Grainger CEO Helen Gordon

Newcastle-headquartered Grainger plc, the UK’s largest listed residential landlord, said on Thursday its profit surged in its recent financial year as “record” rental income growth was driven by higher occupancy.

Grainger recorded a 96% jump in pretax profit to £298.6 million in the 12 months that ended September 30.

Grainger said the profit improvement included a £81.2 million valuation uplift from one-off transfers from a trading property to an investment property in the year.

Adjusted earnings rose 12% to £93.5 million.
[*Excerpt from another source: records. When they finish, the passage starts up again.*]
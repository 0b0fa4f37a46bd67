//! The header `access-control-allow-origin`.
ghost use Rattle.std.specs.Prelude.{◌≡◌, List, ℕ, Some, None, IfOk, option_copied};
ghost use Rattle.headers_hosts.{specs.declared.origin.Origin.Origin, specs.Origin.IsOriginLine};
ghost use Rattle.headers_hosts.specs.OneLine.{LineDecodesTo};
ghost use Rattle.headers_cors.specs.AccessControlAllowOrigin.{IsAllowedLine, IsAllowedText, allowed_text};
ghost use Rattle.headers_cors.specs.AccessControlAllowOrigin.{allowed_origin, allow_origin_reads, allow_origin_writes};
ghost use Rattle.headers_cors.specs.declared.access_control_allow_origin.AccessControlAllowOrigin as declared;

use headers_core::{AsHeaderValue, Error, Header, Refused, just_one};
use headers_hosts::{Origin, line_of_origin, origin_of_line, origin_of_text};
use http_header::{ACCESS_CONTROL_ALLOW_ORIGIN, HeaderName, HeaderValue};
use std::alloc::{AllocError, Global};

/// The header `Access-Control-Allow-Origin`: the origin whose scripts may read the response (W3C
/// CORS, section 5.1).
///
/// The only field line is decoded: `*` for any origin, or an origin, as `Origin` decodes it.
/// `decode` rejects any other value, and no or several lines, and may run out of memory. Headers
/// are compared and hashed by the origin.
#[derive(Debug, PartialEq, Eq, Hash, Drop)]
pub struct AccessControlAllowOrigin {
    kind: OriginOrAny,
}

#[derive(Debug, PartialEq, Eq, Hash, Drop)]
enum OriginOrAny {
    One(Origin),
    Any,
}

impl AccessControlAllowOrigin {
    /// The header `*`, which allows any origin.
    pub const ANY: AccessControlAllowOrigin = AccessControlAllowOrigin {
        kind: OriginOrAny::Any,
    };

    /// The header `null`, which allows the origin `null`.
    pub const NULL: AccessControlAllowOrigin = AccessControlAllowOrigin {
        kind: OriginOrAny::One(Origin::NULL),
    };

    /// Returns the origin, or `None` if any origin is allowed.
    pub fn origin(&self) -> Option<&Origin>
        ensures { option_copied result ≡ allowed_origin self.now }
    {
        match &self.kind {
            OriginOrAny::One(origin) => Some(origin),
            OriginOrAny::Any => None,
        }
    }

    /// Parses a text as an origin, like a field line. `Invalid` if the text is `*`, no header value
    /// or no origin, `Memory` if an allocation fails.
    pub fn try_from_str(
        alloc: Global,
        text: &str,
    ) -> Result<AccessControlAllowOrigin, Refused<Error>>
        ensures { LineDecodesTo IsAllowedText text.now result }
    {
        match origin_of_text(alloc, text) {
            Ok(origin) => Ok(AccessControlAllowOrigin {
                kind: OriginOrAny::One(origin),
            }),
            Err(refused) => Err(refused),
        }
    }

    /// Copies the header. Fails only if an allocation fails.
    pub fn clone(&self, alloc: Global) -> Result<AccessControlAllowOrigin, AllocError>
        ensures { IfOk result (λ copy. copy ≡ self.now) }
    {
        let kind = match &self.kind {
            OriginOrAny::One(origin) => OriginOrAny::One(origin.clone(alloc)?),
            OriginOrAny::Any => OriginOrAny::Any,
        };
        Ok(AccessControlAllowOrigin { kind })
    }

    fn from_val(value: &HeaderValue) -> Result<AccessControlAllowOrigin, Refused<Error>>
        ensures { LineDecodesTo IsAllowedLine value.now.bytes result }
    {
        if value.as_bytes() == b"*".as_slice() {
            return Ok(AccessControlAllowOrigin::ANY);
        }
        match origin_of_line(value) {
            Ok(origin) => Ok(AccessControlAllowOrigin {
                kind: OriginOrAny::One(origin),
            }),
            Err(refused) => Err(refused),
        }
    }

    fn to_value(&self, alloc: Global) -> Result<HeaderValue, AllocError>
        ensures { IfOk result (λ value. value.bytes ≡ allowed_text self.now) }
    {
        match &self.kind {
            OriginOrAny::One(origin) => line_of_origin(alloc, origin),
            OriginOrAny::Any => Ok(HeaderValue::from_static("*")),
        }
    }
}

/// Theorem: `*`, and each origin that some field line decodes to, survives a round trip.
pub fn allow_origin_of_own_text()
    ensures any { (header : declared.AccessControlAllowOrigin) → allowed_origin header ≡ None
        → allow_origin_reads (allow_origin_writes header) header }
    ensures others { (line : List ℕ) (header : declared.AccessControlAllowOrigin) (origin : Origin)
        → allowed_origin header ≡ Some origin → IsOriginLine line origin
        → allow_origin_reads (allow_origin_writes header) header }
{}

impl Header for AccessControlAllowOrigin {
    ghost use Rattle.std.specs.Prelude.{false, codes};
    ghost use Rattle.headers_hosts.specs.OneLine.{Same};
    ghost use Rattle.headers_cors.specs.AccessControlAllowOriginLaws.{allow_origin_laws};

    ghost field_name = { codes "access-control-allow-origin" };

    ghost free = { false };

    ghost same = { Same };

    ghost reads = { allow_origin_reads };

    ghost writes = { allow_origin_writes };

    ghost laws = { allow_origin_laws };

    fn name() -> HeaderName {
        ACCESS_CONTROL_ALLOW_ORIGIN
    }

    fn decode<I: Iterator>(
        _alloc: Global,
        values: &mut I,
    ) -> Result<AccessControlAllowOrigin, Refused<Error>>
    where
        I::Item: AsHeaderValue,
    {
        let line = just_one(values).ok_or(Error::invalid())?;
        AccessControlAllowOrigin::from_val(line.as_header_value())
    }

    fn encode(&self, alloc: Global, values: &mut Vec<HeaderValue>) -> Result<(), AllocError> {
        values.push(self.to_value(alloc)?)?;
        Ok(())
    }
}
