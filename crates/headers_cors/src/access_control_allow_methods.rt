//! The header `access-control-allow-methods`.

use headers_core::NamedField;
use headers_names::{ListField, ListHeader};
use http::Method;
use http_header::{ACCESS_CONTROL_ALLOW_METHODS, HeaderName};

/// The header `Access-Control-Allow-Methods`: the methods that a cross-origin request may use (W3C
/// CORS, section 5.5).
///
/// All field lines are joined by a comma and a space, and none are rejected: `decode` fails only if
/// an allocation fails. `iter` yields the items that are methods. Headers are compared by the
/// joined bytes.
pub type AccessControlAllowMethods = ListHeader<AccessControlAllowMethodsField>;

/// The field name of `AccessControlAllowMethods`.
#[derive(Debug, PartialEq)]
pub struct AccessControlAllowMethodsField;

impl NamedField for AccessControlAllowMethodsField {
    ghost use Rattle.std.specs.Prelude.{codes};

    ghost NAME = { codes "access-control-allow-methods" };

    const NAME: HeaderName = ACCESS_CONTROL_ALLOW_METHODS;
}

impl ListField for AccessControlAllowMethodsField {
    type Item = Method;
}
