//! The header `access-control-allow-credentials`.

use headers_core::{AsHeaderValue, Error, Header, Refused, first_word};
use http_header::{ACCESS_CONTROL_ALLOW_CREDENTIALS, HeaderName, HeaderValue};
use std::alloc::{AllocError, Global};

/// The header `Access-Control-Allow-Credentials`: a script may read the response to a request with
/// credentials (Fetch standard, section 3.3.3). The first field line is `true`. `decode` rejects
/// any other value, and never allocates.
#[derive(Clone, Debug, Drop, PartialEq, Eq)]
pub struct AccessControlAllowCredentials;

impl Header for AccessControlAllowCredentials {
    ghost use Rattle.std.specs.Prelude.{true, codes};
    ghost use Rattle.headers_syntax.specs.HeaderLaws.{SameBy, ReadsBy, written_by};
    ghost use Rattle.headers_syntax.proofs.ShapeLemmas.{first_word_laws};
    ghost use Rattle.headers_cors.specs.AccessControlAllowCredentials.{access_control_allow_credentials_grammar};

    ghost field_name = { codes "access-control-allow-credentials" };

    ghost free = { true };

    ghost same = { SameBy access_control_allow_credentials_grammar };

    ghost reads = { ReadsBy access_control_allow_credentials_grammar };

    ghost writes = { written_by access_control_allow_credentials_grammar };

    ghost laws = { first_word_laws (codes "true") access_control_allow_credentials_grammar.kept };

    fn name() -> HeaderName {
        ACCESS_CONTROL_ALLOW_CREDENTIALS
    }

    fn decode<I: Iterator>(
        _alloc: Global,
        values: &mut I,
    ) -> Result<AccessControlAllowCredentials, Refused<Error>>
    where
        I::Item: AsHeaderValue,
    {
        if first_word(values, "true") {
            Ok(AccessControlAllowCredentials)
        } else {
            Err(Refused::Invalid(Error::invalid()))
        }
    }

    fn encode(&self, _alloc: Global, values: &mut Vec<HeaderValue>) -> Result<(), AllocError> {
        values.push(HeaderValue::from_static("true"))?;
        Ok(())
    }
}
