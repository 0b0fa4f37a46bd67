//! The header `access-control-request-headers`.

use headers_core::NamedField;
use headers_names::{ListField, ListHeader};
use http_header::{ACCESS_CONTROL_REQUEST_HEADERS, HeaderName};

/// The header `Access-Control-Request-Headers`: the field names that the actual request will have
/// (W3C CORS, section 5.9).
///
/// All field lines are joined by a comma and a space, and none are rejected: `decode` fails only if
/// an allocation fails. `iter` yields the items that are field names.
pub type AccessControlRequestHeaders = ListHeader<AccessControlRequestHeadersField>;

/// The field name of `AccessControlRequestHeaders`.
#[derive(Debug)]
pub struct AccessControlRequestHeadersField;

impl NamedField for AccessControlRequestHeadersField {
    ghost use Rattle.std.specs.Prelude.{codes};

    ghost NAME = { codes "access-control-request-headers" };

    const NAME: HeaderName = ACCESS_CONTROL_REQUEST_HEADERS;
}

impl ListField for AccessControlRequestHeadersField {
    type Item = HeaderName;
}
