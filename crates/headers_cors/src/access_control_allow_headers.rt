//! The header `access-control-allow-headers`.
ghost use Rattle.std.{specs.Prelude.{◌≡◌, IfOk}, specs.Iterator.IsFinite};
ghost use Rattle.headers_items.{specs.Answers.{GoesByItems, SurvivesCuts}, specs.Merge.merge, specs.Places.comma};
ghost use Rattle.headers_items.specs.Places.{items};
ghost use Rattle.headers_names.specs.ListItem.{name_of, names, Lists};

use headers_core::{Comma, FlatCsv, FormHeader};
use headers_names::{Names, list_of_names};
use http_header::{ACCESS_CONTROL_ALLOW_HEADERS, HeaderName};
use std::alloc::{AllocError, Global};
use std::marker::Model;

/// The header `Access-Control-Allow-Headers`: the field names that a cross-origin request may have
/// (W3C CORS, section 5.6).
///
/// All field lines are joined by a comma and a space, and none are rejected: `decode` fails only if
/// an allocation fails. Headers are compared by the joined bytes.
#[derive(Debug, PartialEq, Drop)]
pub struct AccessControlAllowHeaders {
    names: FlatCsv<Comma>,
}

impl Model for AccessControlAllowHeaders {
    ghost use Rattle.std.specs.Prelude.{List, ℕ};

    ghost Value = { List ℕ };

    ghost view = { λ v. v.names };

    ghost inverse = { λ bytes. record { names = bytes } };
}

impl AccessControlAllowHeaders {
    /// Joins the field names of an iterator by a comma and a space. Fails only if an allocation
    /// fails. The size hint isn't used. `iter` yields the same names again.
    pub fn from_iter<I: Iterator<Item = HeaderName> + Drop>(
        alloc: Global,
        names: I,
    ) -> Result<AccessControlAllowHeaders, AllocError>
        requires can { I.can_next names }
        requires ends { IsFinite (I.remaining names) }
        ensures { IfOk result (Lists name_of I.next_gives names) }
    {
        Ok(AccessControlAllowHeaders {
            names: list_of_names(alloc, names)?,
        })
    }

    /// Starts an iterator over the field names, up to the first item that isn't a field name.
    pub fn iter(&self, alloc: Global) -> Names<'_>
        ensures answer { result ≡ names (items comma self.now) }
        ensures cuts { SurvivesCuts comma (λ lines left. left ≡ names (items comma (merge comma lines))) }
        ensures by_items { GoesByItems comma (λ value left. left ≡ names (items comma value)) }
    {
        Names::new(alloc, &self.names)
    }

    /// Copies the header. Fails only if an allocation fails.
    pub fn clone(&self, alloc: Global) -> Result<AccessControlAllowHeaders, AllocError>
        ensures { IfOk result (λ copy. copy ≡ self.now) }
    {
        Ok(AccessControlAllowHeaders {
            names: self.names.clone(alloc)?,
        })
    }
}

impl FormHeader for AccessControlAllowHeaders {
    ghost use Rattle.std.specs.Prelude.{codes};

    type Form = FlatCsv<Comma>;

    ghost NAME = { codes "access-control-allow-headers" };

    const NAME: HeaderName = ACCESS_CONTROL_ALLOW_HEADERS;

    ghost form = { λ header. header };

    fn from_form(names: FlatCsv<Comma>) -> AccessControlAllowHeaders {
        AccessControlAllowHeaders { names }
    }

    fn as_form(&self) -> &FlatCsv<Comma> {
        &self.names
    }
}
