//! The header `access-control-request-method`.
ghost use Rattle.std.specs.Prelude.{◌≡◌, IfOk};
ghost use Rattle.headers_hosts.specs.OneLine.{LineDecodesTo};
ghost use Rattle.headers_cors.specs.AccessControlRequestMethod.{method_bytes, IsMethodLine, request_method_reads};
ghost use Rattle.headers_cors.specs.AccessControlRequestMethod.{request_method_writes};

use headers_core::{AsHeaderValue, Error, Header, Refused, first};
use http::Method;
use http::method::MethodError;
use http_header::{ACCESS_CONTROL_REQUEST_METHOD, HeaderName, HeaderValue, HeaderValueError};
use std::alloc::{AllocError, Global};

/// The header `Access-Control-Request-Method`: the method of the actual request (W3C CORS, section
/// 5.8).
///
/// The first field line is decoded. `decode` rejects a value that is no method (RFC 9110, section
/// 9.1), and may run out of memory. Headers are compared and hashed by their bytes.
#[derive(Debug, PartialEq, Eq, Hash, Drop)]
pub struct AccessControlRequestMethod {
    method: Method,
}

impl AccessControlRequestMethod {
    /// Copies the header. Fails only if an allocation fails.
    pub fn clone(&self, _alloc: Global) -> Result<AccessControlRequestMethod, AllocError>
        ensures { IfOk result (λ copy. copy ≡ self.now) }
    {
        Ok(AccessControlRequestMethod {
            method: self.method.clone()?,
        })
    }

    fn from_val(
        alloc: Global,
        value: &HeaderValue,
    ) -> Result<AccessControlRequestMethod, Refused<Error>>
        ensures { LineDecodesTo IsMethodLine value.now.bytes result }
    {
        match Method::from_bytes(alloc, value.as_bytes()) {
            Ok(method) => Ok(AccessControlRequestMethod { method }),
            Err(MethodError::Invalid) => Err(Refused::Invalid(Error::invalid())),
            Err(MethodError::OutOfMemory) => Err(Refused::Memory(AllocError)),
        }
    }

    fn to_value(&self, alloc: Global) -> Result<HeaderValue, AllocError>
        ensures { IfOk result (λ value. value.bytes ≡ method_bytes self.now) }
    {
        match HeaderValue::from_str(alloc, self.method.as_str()) {
            Ok(value) => Ok(value),
            Err(HeaderValueError::Invalid) => unreachable!(),
            Err(HeaderValueError::OutOfMemory) => Err(AllocError),
        }
    }
}

/// Theorem: every value of `AccessControlRequestMethod` survives a round trip.
pub fn request_methods_read_back(header: &AccessControlRequestMethod)
    ensures { request_method_reads (request_method_writes header.now) header.now }
{
    let _method = header.method.as_str();
}

impl From<Method> for AccessControlRequestMethod {
    ghost from_gives = { λ method header. method_bytes header ≡ method };

    fn from(method: Method) -> AccessControlRequestMethod {
        AccessControlRequestMethod { method }
    }
}

impl From<AccessControlRequestMethod> for Method {
    ghost from_gives = { λ header method. method ≡ method_bytes header };

    fn from(header: AccessControlRequestMethod) -> Method {
        header.method
    }
}

impl Header for AccessControlRequestMethod {
    ghost use Rattle.std.specs.Prelude.{false, codes};
    ghost use Rattle.headers_hosts.specs.OneLine.{Same};
    ghost use Rattle.headers_cors.specs.AccessControlRequestMethodLaws.{request_method_laws};

    ghost field_name = { codes "access-control-request-method" };

    ghost free = { false };

    ghost same = { Same };

    ghost reads = { request_method_reads };

    ghost writes = { request_method_writes };

    ghost laws = { request_method_laws };

    fn name() -> HeaderName {
        ACCESS_CONTROL_REQUEST_METHOD
    }

    fn decode<I: Iterator>(
        alloc: Global,
        values: &mut I,
    ) -> Result<AccessControlRequestMethod, Refused<Error>>
    where
        I::Item: AsHeaderValue,
    {
        let line = first(values).ok_or(Error::invalid())?;
        AccessControlRequestMethod::from_val(alloc, line.as_header_value())
    }

    fn encode(&self, alloc: Global, values: &mut Vec<HeaderValue>) -> Result<(), AllocError> {
        values.push(self.to_value(alloc)?)?;
        Ok(())
    }
}
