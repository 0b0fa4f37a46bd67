//! The header `access-control-max-age`.

use headers_core::{NamedField, SecondsHeader};
use http_header::{ACCESS_CONTROL_MAX_AGE, HeaderName};

/// The header `Access-Control-Max-Age`: how long a preflight response may be cached, in seconds
/// below 2^64 (Fetch standard, section 3.3.3). The only field line is decoded. `decode` rejects any
/// other value, and no or several lines, and never allocates.
pub type AccessControlMaxAge = SecondsHeader<AccessControlMaxAgeField>;

/// The field name of `AccessControlMaxAge`.
#[derive(Clone, Debug, Drop, PartialEq, Eq, PartialOrd, Ord, Hash)]
pub struct AccessControlMaxAgeField;

impl NamedField for AccessControlMaxAgeField {
    ghost use Rattle.std.specs.Prelude.{codes};

    ghost NAME = { codes "access-control-max-age" };

    const NAME: HeaderName = ACCESS_CONTROL_MAX_AGE;
}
Grainger declared a 5.97p per share dividend, up 16% from 5.15p last year.

Rental income from Grainger’s portfolio of 9,669 homes increased by 22% to £86.3 million, representing “record” growth of 22%.

Like-for-like rental rate growth was 4.7%, accelerating from 1.0% the year before.

Throughout the year, rent collection averaged 98% and occupancy held above 90%.

EPRA net tangible assets increased 6.7% to 317p from 297p last year due to an uplift in valuations.

However, the company’s net debt increased by 21% to £1.26 billion from £1.04 billion year-on-year.

Grainger CEO Helen Gordon said: “I am pleased to report a very successful year for Grainger, in which we delivered record net rental income growth of 22%, driven by record occupancy, rental growth and lease up of our new schemes.

“Adjusted earnings for the year up 12%, EPRA NTA up 7% and dividend up 16%.

“Our £953m committed pipeline of 3,658 new build-to-rent homes is locked-in, fully-funded and de-risked with fixed construction costs, providing visibility on earnings growth for the next four years.

“On top of this we have the option to proceed with a further £241m of 769 homes in our secured pipeline and we have £599m in our planning and legal pipeline, comprising 2,411 homes. In total, our build-to-rent pipeline stands at £1.8bn and 6,838 new homes.

“We have a strong financial footing with a robust balance sheet. Our debt is 97% hedged with average debt maturities of six and a half years and we have no significant refinancing requirements until 2027.

“All of this puts Grainger in a position of strength to take advantage of the increasing demand for renting homes in the UK.

“Whilst we are mindful of the wider macro-economic environment, we are well positioned for the challenges ahead and our market benefits from positive long-term structural trends.

“Demand for renting continues to grow, supply remains constrained as many small landlords exit the rental market, and we benefit from a resilient customer base.

“The inflation-linked characteristics of our asset class, coupled with our high-quality, energy-efficient and well-located properties, scalable operating platform and unrivalled data, insight and analytics gives us confidence for our continued strong operational performance.”